Reviewed by Bev Vincent, 07/29/2014

Ethan Serbin, who taught survival skills in the Air Force (much to his father's dismay), now conveys those same skills to civilians in the Beartooth Mountains. He knows his strategies and advice work because he has heard back from former students who've found themselves in perilous situations and put into practice the things they learned from him. However, Ethan has never been in danger himself, so it's all been theoretical. Until now.

One of his former students, a private security consultant, approaches him with a proposal. She has a teenage boy who witnessed a pair of contract killings. The boy's life is in jeopardy until he testifies against the murderers, who are still at large. She and the boy's parents don't trust law enforcement to keep him safe, so he isn't in the Witness Protection Program. The best thing would be to get him completely off the grid, and there's no place farther from civilization than Montana. Jace will join one of Ethan's teenage wilderness adventures under an assumed name. No one, not even Ethan, will know which member of the group he is, although he and his wife Allison can't help trying to guess.

There are a lot of dangers in Big Sky Country, where cell phones are useless and the nearest person might be miles away. A person can fall while climbing a mountain. He can get lost and die from exposure, thirst or hunger. There are wild animals and snakes. Being struck by lightning is a very real possibility. Voracious wildfires can outrun a person. Greater than all these dangers combined are the Blackwell brothers, a pair of hired killers who speak to each other around anyone else in their presence, chattier but equally ruthless versions of the Salamanca cousins from Breaking Bad. They arrive on the scene shortly after Ethan begins his outing with the boys and immediately begin laying waste to everyone and everything that crosses their paths. They don't leave behind witnesses and aren't above starting a forest fire to cover their tracks. One might be tempted to brand them sociopaths except for their obvious affection for each other.

Once Jace realizes that the killers are on his trail, he separates from the group. By escaping from them once, he's ahead of anyone else upon whom the Blackwells have set their targets, but his chances of survival alone are scant. Still, he's learned a few things from Ethan that bolster him. Simply being able to start a fire props up his confidence. However, he's at the center of a near-perfect storm of danger. His only ally is a former firefighter named Hannah Faber who recently abandoned that career after a poor decision in the midst of a conflagration led to a horrific outcome. She's now manning a watch tower and mentally advising her former colleagues when she detects a spreading fire. 

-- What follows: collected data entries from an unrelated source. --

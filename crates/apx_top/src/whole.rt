//! The whole program, from its words to its status.
ghost use Rattle.std.specs.Prelude.{◌≡◌, ◌↔◌, ◌⊎◌, ◌&&◌, Some, None, Err, map, string_bytes, IsTrue};
ghost use Rattle.apx_cause.specs.Cause.{Rose};
ghost use Rattle.apx_load.specs.declared.refusal.Refusal.{Refusal};
ghost use Rattle.apx_load.specs.Hearing.{HasHeard};
ghost use Rattle.apx_load.specs.Refusals.{by_files};
ghost use Rattle.apx_load.specs.First.{AreAccepted, IsRefusal};
ghost use Rattle.apx_cmd.specs.Bounds.{IsBounded};
ghost use Rattle.apx_cmd.specs.Commands.{command_of};
ghost use Rattle.apx_top.specs.Audits.{AnswersAudits};
ghost use Rattle.apx_top.specs.Changes.{call_of, keeper_meaning, vault_meaning, spools_meaning, devices_change, output_change};
ghost use Rattle.apx_top.specs.Headline.{IsOneHistory, HasStored, HasKeptNeeded, HasEndedWhole, HasLeftCheckpoints, HasNamedCause};
ghost use Rattle.apx_top.specs.Left.{left_of, left_by};
ghost use Rattle.apx_top.specs.Trace.{TracesLegally};
ghost use Rattle.apx_top.specs.Plain.{HasPerformed, HasEnded, HasRefused, IsLargeRun, HasNoFault, IsComplete, status_after, line_after, IsSim, IsTold, HasSaid};

use crate::crew::crew_files;
use crate::ended::{Ended, Outcome, unrun};
use crate::plain::{conclude, perform};
use apx_cmd::{Command, command};
use apx_core::Devices;
use apx_device::{Folder, Gate, Keeper, Out, Spool, Spools, Vault};
use apx_load::Stop;
use std::alloc::Global;
use std::sync::Wait;
use std::thread::Threads;

/// Performs a command, by worker threads where it is one for them.
fn perform_any<
    R: Threads + Wait + Sync,
    F: Folder,
    K: Keeper + Drop + Send,
    V: Vault + Drop + Send,
    P: Spools + Drop + Send,
    G: Gate + Sync,
    O: Out,
    E: Out,
>(
    rt: &R,
    alloc: Global,
    command: &Command,
    files: &mut F,
    gate: &G,
    devices: Devices<K, V, P>,
    out: &mut O,
    err: &mut E,
) -> Outcome<K, V, P, <P::S as Spool>::Fault>
where
    P::S: Send,
    <P::S as Spool>::Fault: Send,
    requires bounded { IsBounded command.now }
    requires sound { IsTrue (K.sound devices.keeper) }
    requires vault_sound { IsTrue (V.sound devices.vault) }
    ensures told { F.told files.new ≡ F.told files.old }
    ensures heard { HasHeard F.tells (F.told files.old) (F.heard files.old) (F.heard files.new) (λ answers.
        HasPerformed command.now (call_of answers (Rose (F.faults files.old) (F.faults files.new))
        (devices_change (keeper_meaning K.tells K.stored K.last K.faults) (vault_meaning V.tells V.held V.faults)
        (spools_meaning P.S.tells P.faults) devices result.devices)
        (output_change O.tells O.written O.faults out.old out.new)
        (output_change E.tells E.written E.faults err.old err.new)) (left_of result)) }
    ensures unsaid { IsTold result.end → err.new ≡ err.old }
    ensures silent { (IsSim (Some command.now) → ⊥) → err.new ≡ err.old }
{
    match command {
        Command::Run {
            app,
            script,
            settings,
            threads,
        } => crew_files(
            rt,
            alloc,
            files,
            app.text(),
            script.as_ref(),
            *settings,
            *threads,
            gate,
            devices,
            out,
            err,
        ),
        _ => perform(alloc, command, files, devices, out, err),
    }
}

/// Does what the words ask for.
fn act<
    R: Threads + Wait + Sync,
    F: Folder,
    K: Keeper + Drop + Send,
    V: Vault + Drop + Send,
    P: Spools + Drop + Send,
    G: Gate + Sync,
    O: Out,
    E: Out,
>(
    rt: &R,
    alloc: Global,
    words: &[String],
    files: &mut F,
    gate: &G,
    devices: Devices<K, V, P>,
    out: &mut O,
    err: &mut E,
) -> Outcome<K, V, P, <P::S as Spool>::Fault>
where
    P::S: Send,
    <P::S as Spool>::Fault: Send,
    requires sound { IsTrue (K.sound devices.keeper) }
    requires vault_sound { IsTrue (V.sound devices.vault) }
    ensures told { F.told files.new ≡ F.told files.old }
    ensures heard { HasHeard F.tells (F.told files.old) (F.heard files.old) (F.heard files.new) (λ answers.
        HasEnded (map string_bytes words.now) (call_of answers (Rose (F.faults files.old) (F.faults files.new))
        (devices_change (keeper_meaning K.tells K.stored K.last K.faults) (vault_meaning V.tells V.held V.faults)
        (spools_meaning P.S.tells P.faults) devices result.devices)
        (output_change O.tells O.written O.faults out.old out.new)
        (output_change E.tells E.written E.faults err.old err.new)) (left_of result)) }
    ensures unsaid { IsTold result.end → err.new ≡ err.old }
    ensures silent { (IsSim (command_of (map string_bytes words.now)) → ⊥) → err.new ≡ err.old }
{
    match command(alloc, words) {
        Ok(command) => perform_any(rt, alloc, &command, files, gate, devices, out, err),
        Err(refusal) => unrun(devices, Err(Stop::from(refusal))),
    }
}

/// Does what the words ask for. `run APP` with its options runs as `sim` does, by as many worker threads as `--threads` says, and prints
/// what `sim` prints; all other words are done as by [`apex_plain`](crate::apex_plain), with the same statuses.
///
/// The workers do the events of a run one after the other, and the work of its windows each by itself. A worker passes the gate
/// before the work of a window and behind it. In which order they come is not said. For `run` it may wait, and it isn't promised
/// that it returns; for all other words it returns.
pub fn apex_main<
    R: Threads + Wait + Sync,
    F: Folder,
    K: Keeper + Drop + Send,
    V: Vault + Drop + Send,
    P: Spools + Drop + Send,
    G: Gate + Sync,
    O: Out,
    E: Out,
>(
    rt: &R,
    alloc: Global,
    words: &[String],
    files: &mut F,
    gate: &G,
    devices: Devices<K, V, P>,
    out: &mut O,
    err: &mut E,
) -> Ended<K, V, P, <P::S as Spool>::Fault>
where
    P::S: Send,
    <P::S as Spool>::Fault: Send,
    requires sound { IsTrue (K.sound devices.keeper) }
    requires vault_sound { IsTrue (V.sound devices.vault) }
    // Whatever its folder answers, it ends in a way that these answers allow: done, or stopped for a cause, with the devices
    // and the outputs left as that stop leaves them.
    ensures heard { HasHeard F.tells (F.told files.old) (F.heard files.old) (F.heard files.new) (λ answers.
        HasEnded (map string_bytes words.now) (call_of answers (Rose (F.faults files.old) (F.faults files.new))
        (devices_change (keeper_meaning K.tells K.stored K.last K.faults) (vault_meaning V.tells V.held V.faults)
        (spools_meaning P.S.tells P.faults) devices result.devices)
        (output_change O.tells O.written O.faults out.old out.new)
        (output_change E.tells E.written E.faults err.old err.new)) (left_by result)) }

    // Words that are no command are told so, and no others.
    ensures command { (command_of (map string_bytes words.now) ≡ None) ↔ (result.end ≡ Err (Stop.Refused Refusal.NotACommand)) }

    // Where the folder tells its files, what words and files refuse first is refused, unless the folder fails.
    ensures refused { IsTrue F.tells → (refusal : Refusal) → IsRefusal (by_files (F.told files.old)) (map string_bytes words.now) refusal →
        HasRefused (Rose (F.faults files.old) (F.faults files.new)) refusal result.end }

    // And what is accepted is done, unless a device fails: over devices that tell.
    ensures complete { IsTrue F.tells → IsTrue (K.tells && (V.tells && P.S.tells)) →
        AreAccepted (by_files (F.told files.old)) (map string_bytes words.now) →
        HasNoFault (Rose (F.faults files.old) (F.faults files.new))
        (devices_change (keeper_meaning K.tells K.stored K.last K.faults) (vault_meaning V.tells V.held V.faults)
        (spools_meaning P.S.tells P.faults) devices result.devices)
        (output_change O.tells O.written O.faults out.old out.new)
        (output_change E.tells E.written E.faults err.old err.new) (left_by result) →
        IsComplete (IsLargeRun (by_files (F.told files.old)) (map string_bytes words.now) (V.tells && P.S.tells)) result.end }

    // What happened in a run is one history, in the order that its words pick or by its workers.
    ensures history { IsTrue F.tells → IsOneHistory (by_files (F.told files.old)) (map string_bytes words.now) (left_by result)
        (devices_change (keeper_meaning K.tells K.stored K.last K.faults) (vault_meaning V.tells V.held V.faults)
        (spools_meaning P.S.tells P.faults) devices result.devices) }

    // It leaves in the sink's store exactly the rows of the one pass for a prefix of its windows, each window once.
    ensures store { IsTrue F.tells → HasStored (by_files (F.told files.old)) (map string_bytes words.now) result.journal
        (devices_change (keeper_meaning K.tells K.stored K.last K.faults) (vault_meaning V.tells V.held V.faults)
        (spools_meaning P.S.tells P.faults) devices result.devices) }

    // It drops no block that a window may still read.
    ensures needed { IsTrue F.tells → HasKeptNeeded (by_files (F.told files.old)) (map string_bytes words.now) result.journal
        (devices_change (keeper_meaning K.tells K.stored K.last K.faults) (vault_meaning V.tells V.held V.faults)
        (spools_meaning P.S.tells P.faults) devices result.devices) }

    // With status 0 every window is stored and printed.
    ensures whole { IsTrue F.tells → HasEndedWhole (by_files (F.told files.old)) (map string_bytes words.now) (left_by result)
        (devices_change (keeper_meaning K.tells K.stored K.last K.faults) (vault_meaning V.tells V.held V.faults)
        (spools_meaning P.S.tells P.faults) devices result.devices)
        (output_change O.tells O.written O.faults out.old out.new)
        (output_change E.tells E.written E.faults err.old err.new) }

    // And the checkpoint store has the last checkpoints.
    ensures checkpoints { IsTrue F.tells → HasLeftCheckpoints (by_files (F.told files.old)) (map string_bytes words.now) (left_by result)
        (devices_change (keeper_meaning K.tells K.stored K.last K.faults) (vault_meaning V.tells V.held V.faults)
        (spools_meaning P.S.tells P.faults) devices result.devices) }

    // Each status has its cause, and a run that stopped has printed nothing, or a front where it stopped while printing.
    ensures cause { IsTrue F.tells → HasNamedCause (by_files (F.told files.old)) (map string_bytes words.now) (left_by result)
        (devices_change (keeper_meaning K.tells K.stored K.last K.faults) (vault_meaning V.tells V.held V.faults)
        (spools_meaning P.S.tells P.faults) devices result.devices)
        (output_change O.tells O.written O.faults out.old out.new)
        (output_change E.tells E.written E.faults err.old err.new) }

    // What `trace` has printed with status 0, over a sink's store that began empty, is a legal journal for each audit of the files;
    // where the sink's store failed it has printed nothing.
    ensures traced { IsTrue F.tells → TracesLegally (by_files (F.told files.old)) (map string_bytes words.now) (left_by result)
        (devices_change (keeper_meaning K.tells K.stored K.last K.faults) (vault_meaning V.tells V.held V.faults)
        (spools_meaning P.S.tells P.faults) devices result.devices)
        (output_change O.tells O.written O.faults out.old out.new) }

    // Of files that the folder tells, an audit is done exactly for a legal journal, and refuses exactly the first line that
    // is refused, unless a device fails or memory runs out.
    ensures audit { IsTrue F.tells → AnswersAudits (F.told files.old) (map string_bytes words.now)
        (Rose (F.faults files.old) (F.faults files.new) ⊎ Rose (O.faults out.old) (O.faults out.new)) result.end }

    // The status is that of the end. Where it stopped, but for a fault of an output, the error output has got the line that
    // says why; else it is as it was, but for the report of `sim`, `run` and `trace`.
    ensures status { result.status ≡ status_after result.end }
    ensures said { IsTrue E.tells → IsTold result.end → HasSaid (line_after result.end)
        (Rose (E.faults err.old) (E.faults err.new)) (E.written err.old) (E.written err.new) }
    ensures silent { (IsTold result.end → ⊥) → (IsSim (command_of (map string_bytes words.now)) → ⊥) → err.new ≡ err.old }
{
    let outcome = act(rt, alloc, words, files, gate, devices, out, err);
    let status = conclude(&outcome.end, err);
    Ended {
        status,
        end: outcome.end,
        devices: outcome.devices,
        journal: outcome.journal,
        shown: outcome.shown,
        spool: outcome.spool,
    }
}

Koryta doesn't waste any time laying on the pressure, and readers might be forgiven for wondering if he can sustain this sense of pervasive dread for nearly four hundred pages. Fear not: he can and does. When Ethan is forced to assist the Blackwells in locating Jace in the wilderness, he runs through a series of scenarios where he might get the upper hand, only to have his hopes dashed time and time again. The Blackwells are near perfect killing machines, the kind of men who know intuitively how to position themselves so an adversary can't get the drop on both of them at the same time. The body count grows as they close in on their target until only one thing stands in their way: the raging forest fire they themselves set.

For a book of this size, Those Who Wish Me Dead is a fast read, a taut thriller that sweeps readers along while simultaneously astonishing with its attention to setting. Fans of Longmire (either the TV series or the novels by Craig Johnson) will find themselves in familiar territory, and Koryta paints a chillingly beautiful portrait of this untouched and lethal territory. He also manages to surprise and surprise again with plot twists on top of situations of ultimate peril.